# Help Repairing LED - AquaticLife Marquis 48"



## Majoram (Feb 26, 2010)

So my AquaticLife Marquis 48" seems to be dead.
It's not powering on, connections seem to be ok.

I'm thinking the power brick may be the issue but not sure.

Any suggestions on how I can try and fix this?
I have no issue messing with the electrical innards.
I tried googling but all I get a links to buy a new one LOL

Even suggestions on souping it up or modding the hardware to make a better light would be appreciated.


----------



## JasonM (Nov 26, 2011)

Most likely your led driver is gone


----------



## Majoram (Feb 26, 2010)

JasonM said:


> Most likely your led driver is gone


Thanks.

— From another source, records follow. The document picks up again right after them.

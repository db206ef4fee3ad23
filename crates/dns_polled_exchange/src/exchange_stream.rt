//! `ExchangeStream`, the same as a stream.
ghost use Rattle.std.specs.Prelude.{◌≡◌};

use crate::DnsExchangeSend;
use dns_handle::{DnsResponse, NetError};
use dns_multiplexer::{Draws, RequestId};
use dns_shared_exchange::{CallerToken, DnsExchange};
use futures::Stream;
use futures::task::{Context, Poll};
use std::alloc::Global;
use std::marker::Model;
use std::sync::Wait;

/// What comes for one request of an exchange, as a stream, such as the messages of a transfer (RFC 5936, 2.2). It keeps the runtime,
/// since a poll may wait for the turns of others, and the token. Where nothing waits yet it asks to be polled again.
#[derive(Drop)]
pub struct ExchangeStream<R: Draws + Drop, T: Wait + Copy> {
    rt: T,
    alloc: Global,
    exchange: DnsExchange<R>,
    token: CallerToken,
    send: DnsExchangeSend,
}

/// Contracts see the token, and the number of the request.
impl<R: Draws + Drop, T: Wait + Copy> Model for ExchangeStream<R, T> {
    ghost use Rattle.std.specs.Prelude.{◌≡◌};
    ghost use Rattle.dns_polled_exchange.specs.Polls.{StreamValue, number_of};

    ghost Value = { StreamValue };

    ghost view = { λ s. record { token = s.token; number = number_of s.send } };

    ghost invariant = { λ s. s.token.line ≡ s.exchange };
}

impl<R: Draws + Drop, T: Wait + Copy> ExchangeStream<R, T> {
    /// What comes for the request with this number.
    pub fn new(
        rt: T,
        alloc: Global,
        exchange: DnsExchange<R>,
        token: CallerToken,
        id: RequestId,
    ) -> ExchangeStream<R, T>
        requires { token.line ≡ exchange }
        ensures { result ≡ record { token = token; number = id.0 } }
    {
        ExchangeStream {
            rt,
            alloc,
            exchange,
            token,
            send: DnsExchangeSend::new(id),
        }
    }

    /// The exchange and the token, with which all was seen that was polled.
    pub fn into_parts(self) -> (DnsExchange<R>, CallerToken)
        ensures line { result.1.line ≡ result.0 }
        ensures token { result.1 ≡ self.token }
    {
        let ExchangeStream {
            rt: _,
            alloc: _,
            exchange,
            token,
            send: _,
        } = self;
        (exchange, token)
    }
}

impl<R: Draws + Drop, T: Wait + Copy> Stream for ExchangeStream<R, T> {
    ghost use Rattle.std.specs.Prelude.{◌≡◌, ⊤, OnSome, true};
    ghost use Rattle.futures.specs.Task.{Covers, Keeps};
    ghost use Rattle.futures.specs.Poll.{IfReady, OnPending};
    ghost use Rattle.dns_shared_exchange.specs.Tokens.{IsTurn, IsKnown};
    ghost use Rattle.dns_polled_exchange.specs.Polls.{IsPolled};

    type Item = Result<DnsResponse, NetError>;

    // The trait's clauses, that a poll is one take, and that a pending one asks for another poll.
    fn poll_next(&mut self, cx: &mut Context<'_>) -> Poll<Option<Result<DnsResponse, NetError>>>
        ensures value { IfReady result (λ o. ⊤) }
        ensures goes { IfReady result (λ o. OnSome o ⊤) }
        ensures again { OnPending result ⊤ }
        ensures registered { OnPending result (Covers cx.new (λ _. ⊥)) }
        ensures woken { OnPending result (cx.new.is_woken ≡ true) }
        ensures kept { Keeps cx.old cx.new }
        ensures polled { IsTurn (IsPolled self.old.number result) self.old.token.known self.new.token.known }
        ensures known { IsKnown self.new.token.known }
        ensures line { self.new.token.line ≡ self.old.token.line }
        ensures number { self.new.number ≡ self.old.number }
    {
        let polled = self
            .send
            .poll_take(&self.rt, self.alloc, &self.exchange, &mut self.token);
        match polled {
            Poll::Ready(item) => Poll::Ready(item),
            Poll::Pending => cx.yield_now(),
        }
    }
}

Any suggestions on what is the best solution?
Should I just get a new power brick (if there is such a think as a generic one)?
Or open it up and do some repairs?


----------



## Aqualien (Jan 13, 2018)

Hi

See if there are any details on your powersupply , see if you get any power at the output.
I looked at your light for specifics but can't find to much.
Usually these LED strips run on 12V and in your case 48" shows as 71 watt.
You can get a powersupply on ebay for not to much , you'll need a minimum of 6A , which provides 72 W (VxA=Watt) I'd go for an 8A (96W) version , but first make sure it actually is the powersupply.
EDIT: I found the Marquis is T5HO , you do not have the Edge , if that's the case ignore what I replied previous.


----------



## charlie1 (Dec 1, 2011)

Perhaps taking the fixture you your local Big Al's ( think they sell these fixture) and kindly ask them to power it up with one of their power supply will determine if it is the power supply.


----------